═══ EXERCISE DATA
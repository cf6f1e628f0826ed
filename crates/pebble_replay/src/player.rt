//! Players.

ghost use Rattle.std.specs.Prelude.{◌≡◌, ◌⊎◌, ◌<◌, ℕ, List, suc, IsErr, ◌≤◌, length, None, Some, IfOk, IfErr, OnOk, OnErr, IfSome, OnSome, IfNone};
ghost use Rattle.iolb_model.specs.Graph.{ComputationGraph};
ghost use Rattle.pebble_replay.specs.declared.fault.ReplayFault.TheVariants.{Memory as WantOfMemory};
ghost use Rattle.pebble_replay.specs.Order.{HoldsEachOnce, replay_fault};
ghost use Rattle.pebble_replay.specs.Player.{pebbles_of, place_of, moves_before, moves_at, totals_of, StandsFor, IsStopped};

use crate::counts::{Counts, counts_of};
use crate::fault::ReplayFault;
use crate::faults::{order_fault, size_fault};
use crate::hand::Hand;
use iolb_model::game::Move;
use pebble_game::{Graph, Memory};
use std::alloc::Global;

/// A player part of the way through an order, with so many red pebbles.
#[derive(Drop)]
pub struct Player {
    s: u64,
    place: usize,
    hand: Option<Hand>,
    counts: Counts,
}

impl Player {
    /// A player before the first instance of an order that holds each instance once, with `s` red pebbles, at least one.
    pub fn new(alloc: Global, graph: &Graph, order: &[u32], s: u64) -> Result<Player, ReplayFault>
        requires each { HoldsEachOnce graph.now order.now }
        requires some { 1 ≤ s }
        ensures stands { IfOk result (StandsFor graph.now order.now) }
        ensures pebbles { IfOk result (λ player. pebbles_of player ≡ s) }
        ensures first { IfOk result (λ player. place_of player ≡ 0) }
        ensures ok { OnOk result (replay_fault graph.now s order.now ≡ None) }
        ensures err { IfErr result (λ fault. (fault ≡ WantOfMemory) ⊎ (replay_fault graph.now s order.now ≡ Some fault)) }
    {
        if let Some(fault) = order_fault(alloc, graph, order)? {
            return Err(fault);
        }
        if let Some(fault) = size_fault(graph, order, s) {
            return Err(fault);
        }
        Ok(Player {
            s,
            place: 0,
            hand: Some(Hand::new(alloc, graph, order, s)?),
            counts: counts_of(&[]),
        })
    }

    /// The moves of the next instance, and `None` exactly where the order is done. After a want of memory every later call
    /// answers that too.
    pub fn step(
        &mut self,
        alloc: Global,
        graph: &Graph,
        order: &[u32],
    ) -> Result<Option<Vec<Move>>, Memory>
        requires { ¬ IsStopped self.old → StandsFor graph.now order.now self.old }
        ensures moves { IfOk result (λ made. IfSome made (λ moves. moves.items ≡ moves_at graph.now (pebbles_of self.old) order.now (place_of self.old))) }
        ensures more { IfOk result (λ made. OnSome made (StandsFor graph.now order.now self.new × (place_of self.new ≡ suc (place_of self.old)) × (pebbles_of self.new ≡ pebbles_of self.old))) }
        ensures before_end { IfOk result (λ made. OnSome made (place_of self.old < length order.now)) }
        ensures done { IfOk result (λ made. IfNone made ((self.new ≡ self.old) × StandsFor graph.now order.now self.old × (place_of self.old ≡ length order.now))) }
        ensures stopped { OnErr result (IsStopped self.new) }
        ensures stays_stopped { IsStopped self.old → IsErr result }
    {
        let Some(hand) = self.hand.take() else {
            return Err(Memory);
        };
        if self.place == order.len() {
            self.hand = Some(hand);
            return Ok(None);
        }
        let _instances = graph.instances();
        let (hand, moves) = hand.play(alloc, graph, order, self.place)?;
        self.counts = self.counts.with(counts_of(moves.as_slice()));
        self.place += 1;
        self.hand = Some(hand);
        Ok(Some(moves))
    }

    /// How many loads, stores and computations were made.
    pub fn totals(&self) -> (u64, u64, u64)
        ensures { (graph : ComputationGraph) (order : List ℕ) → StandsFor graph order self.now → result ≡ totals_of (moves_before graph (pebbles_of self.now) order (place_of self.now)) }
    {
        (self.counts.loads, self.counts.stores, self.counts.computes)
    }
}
══════
Filter the records above down to the lines that hold the string "StandsFor".

ghost use Rattle.pebble_replay.specs.Player.{pebbles_of, place_of, moves_before, moves_at, totals_of, StandsFor, IsStopped};
        ensures stands { IfOk result (StandsFor graph.now order.now) }
        requires { ¬ IsStopped self.old → StandsFor graph.now order.now self.old }
        ensures more { IfOk result (λ made. OnSome made (StandsFor graph.now order.now self.new × (place_of self.new ≡ suc (place_of self.old)) × (pebbles_of self.new ≡ pebbles_of self.old))) }
        ensures done { IfOk result (λ made. IfNone made ((self.new ≡ self.old) × StandsFor graph.now order.now self.old × (place_of self.old ≡ length order.now))) }
        ensures { (graph : ComputationGraph) (order : List ℕ) → StandsFor graph order self.now → result ≡ totals_of (moves_before graph (pebbles_of self.now) order (place_of self.now)) }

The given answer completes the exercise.